Bad: "CPU > 80%" — maybe nothing's wrong. Good: "p95 latency > 500 ms for 5 min" — user is suffering.
Alert routing
- Page on-call for SLO burn / customer impact.
- Tickets for non-urgent.
- Auto-remediation for known patterns (restart pod, scale up).
Alert fatigue
The #1 killer of effective on-call. Every false positive trains the team to ignore alerts.
- Tune ruthlessly.
- Auto-close stale alerts.
- Quarterly review of every alert: did it lead to action?
26.8 Distributed tracing in microservices (deeper)
Instrument:
- HTTP clients/servers (auto via libraries).
- DB calls.
- Queue produce/consume.
- Cache hits/misses.
- External APIs.
Add custom spans for business-significant operations.
Watch for:
- Tail latency (p99 of a chain is much worse than p99 of any one link).
- Retries that cascaded.
- N+1 patterns within a request.
- Async fan-out that doesn't propagate trace context (fix: pass trace_id through queues).
26.9 Profiling
Beyond traces: continuous profiling in prod.
- Sample CPU stacks, memory, mutex contention.
- Tools: Pyroscope, Parca, Datadog Profiler, gprofiler.
- Helps find hot functions you didn't know existed.

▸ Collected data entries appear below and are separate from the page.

//! Which nodes are the first part of a label or of a jump. Most files have few of them, if any, and these stand close together.
ghost use Rattle.std.specs.Prelude.{◌≡◌, ◌<◌, ◌≤◌, ◌↔◌, ℕ, suc, min, max, Some, true, false, IfOk, length, replicate, slice_get, get_or};
ghost use Rattle.label_uses.specs.Labels.{is_label, is_jump};
ghost use Rattle.label_uses.specs.Heads.{head_in, AreHeads, IsNoted};
ghost use Rattle.label_uses.specs.Rows.{Sets};

use crate::rows::{all_false, set};
use go_tree::{Node, NodeKind};
use gv_base::NoMemory;
use std::alloc::Global;

/// A flag for each node. What is flagged stands from `low` on and before `high`.
#[derive(Drop)]
pub(crate) struct Headed {
    pub flags: Vec<bool>,
    pub low: usize,
    pub high: usize,
}

pub(crate) fn is_label(kind: NodeKind) -> bool
    ensures { result ≡ is_label kind }
{
    matches!(kind, NodeKind::Label)
}

pub(crate) fn is_jump(kind: NodeKind) -> bool
    ensures { result ≡ is_jump kind }
{
    matches!(kind, NodeKind::Break | NodeKind::Continue | NodeKind::Goto)
}

fn first_of(parts: &[u32]) -> Option<usize>
    ensures { result ≡ slice_get parts.now 0 }
{
    match parts.first() {
        Some(part) => Some(*part as usize),
        None => None,
    }
}

/// The name of the label that a node is.
fn label_in(node: &Node) -> Option<usize>
    ensures { result ≡ head_in is_label node.now }
{
    if is_label(node.kind) {
        return first_of(node.parts.as_slice());
    }
    None
}

/// The name of the label that a node jumps to.
fn jump_in(node: &Node) -> Option<usize>
    ensures { result ≡ head_in is_jump node.now }
{
    if is_jump(node.kind) {
        return first_of(node.parts.as_slice());
    }
    None
}

fn nothing_headed(alloc: Global, count: usize) -> Result<Headed, NoMemory>
    ensures flags { IfOk result (λ h. h.flags.items ≡ replicate count false) }
    ensures low { IfOk result (λ h. h.low ≡ count) }
    ensures high { IfOk result (λ h. h.high ≡ 0) }
{
    let flags = all_false(alloc, count)?;
    Ok(Headed {
        flags,
        low: count,
        high: 0,
    })
}

fn note_one(h: &mut Headed, n: usize)
    requires { n < length h.old.flags.items }
    ensures flags { Sets h.old.flags.items h.new.flags.items n }
    ensures low { h.new.low ≡ min h.old.low n }
    ensures high { h.new.high ≡ max h.old.high (suc n) }
{
    set(&mut h.flags, n);
    h.low = h.low.min(n);
    h.high = h.high.max(n + 1);
}

fn count_of(h: &Headed) -> usize
    ensures { result ≡ length h.now.flags.items }
{
    h.flags.as_slice().len()
}

/// Flags a node, if it is there.
fn note_at(h: &mut Headed, n: usize)
    ensures { IsNoted (Some n) h.old h.new }
{
    if n < count_of(h) {
        note_one(h, n);
    }
}

fn note(h: &mut Headed, head: Option<usize>)
    ensures { IsNoted head h.old h.new }
{
    match head {
        None => {}
        Some(n) => note_at(h, n),
    }
}

/// The names of labels.
pub(crate) fn label_heads(alloc: Global, nodes: &[Node]) -> Result<Headed, NoMemory>
    ensures { IfOk result (AreHeads is_label nodes.now (length nodes.now)) }
{
    let mut heads = nothing_headed(alloc, nodes.len())?;
    for p in 0..nodes.len() {
        note(&mut heads, label_in(&nodes[p]));
    }
    Ok(heads)
}

/// The names behind `break`, `continue` and `goto`.
pub(crate) fn jump_heads(alloc: Global, nodes: &[Node]) -> Result<Headed, NoMemory>
    ensures { IfOk result (AreHeads is_jump nodes.now (length nodes.now)) }
{
    let mut heads = nothing_headed(alloc, nodes.len())?;
    for p in 0..nodes.len() {
        note(&mut heads, jump_in(&nodes[p]));
    }
    Ok(heads)
}

/// Whether a node is flagged.
pub(crate) fn is_headed(h: &Headed, n: usize) -> bool
    ensures { result ≡ get_or h.now.flags.items n false }
{
    let flags = h.flags.as_slice();
    if n < flags.len() { flags[n] } else { false }
}

/// Before which node all stand that are flagged, from `low` on.
pub(crate) fn end_of(h: &Headed) -> usize
    ensures low { h.now.low ≤ result }
    ensures high { h.now.high ≤ result }
    ensures least { (c : ℕ) → h.now.low ≤ c → h.now.high ≤ c → result ≤ c }
{
    h.low.max(h.high)
}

26.10 Logs vs metrics vs traces — when to reach for which
| Question | Tool |
|---|---|
| Is the service up? | metric (uptime) |
| What's the error rate? | metric |
| What's the p99 latency? | metric (histogram) |
| Why did this request fail? | log + trace |
| Where in the chain did latency come from? | trace |
| What did the user see? | log |
| How many of X happened today? | metric |
| What was the input that caused this bug? | log |
Don't reach for logs to count things; counters are 1000× cheaper and queryable.
26.11 Health checks (recap)
/healthz (liveness): is the process alive?
/readyz (readiness): is the process able to serve traffic?
Kubernetes uses both. Liveness fail → restart pod. Readiness fail → remove from load balancer.
Deep health: check critical dependencies (DB, cache). Don't make health checks too expensive — they run every few seconds per pod.
26.12 Synthetic monitoring
Bots that periodically perform real user flows (login, checkout). Catch issues before users do. Tools: Pingdom, Datadog Synthetics, Checkly, custom scripts.
26.13 RUM (Real User Monitoring)
JS in the browser reports real user performance: page load time, Web Vitals (LCP, FID, CLS), API latency from the user's network.
Critical: backend p99 of 50 ms doesn't help users on bad networks seeing 5 sec total page load.
26.14 Chaos engineering
Inject failure on purpose, prove the system tolerates it.
- Kill random pods (Chaos Monkey).
- Inject network latency (Toxiproxy).
- Force partition (Gremlin).
- Trip circuit breakers manually.
Run in staging first; in prod once you trust your monitoring.
26.15 What an interviewer wants
- Distinguish logs / metrics / traces and when each is right.
- Discuss SLIs/SLOs/error budgets.
- Mention OpenTelemetry as the modern standard.
- Articulate why low-cardinality labels matter for metrics.
- Know how to find a slow request in a microservices system (trace_id correlation).
Key takeaways
- Three pillars: logs (events), metrics (counts/distributions), traces (request flow).
- Correlate via trace_id; observability = pivoting across pillars.
- Alert on symptoms, not causes. Alert fatigue kills.
- SLOs > SLAs > vague availability promises. Error budget guides risk.
- OpenTelemetry is the vendor-neutral instrumentation standard.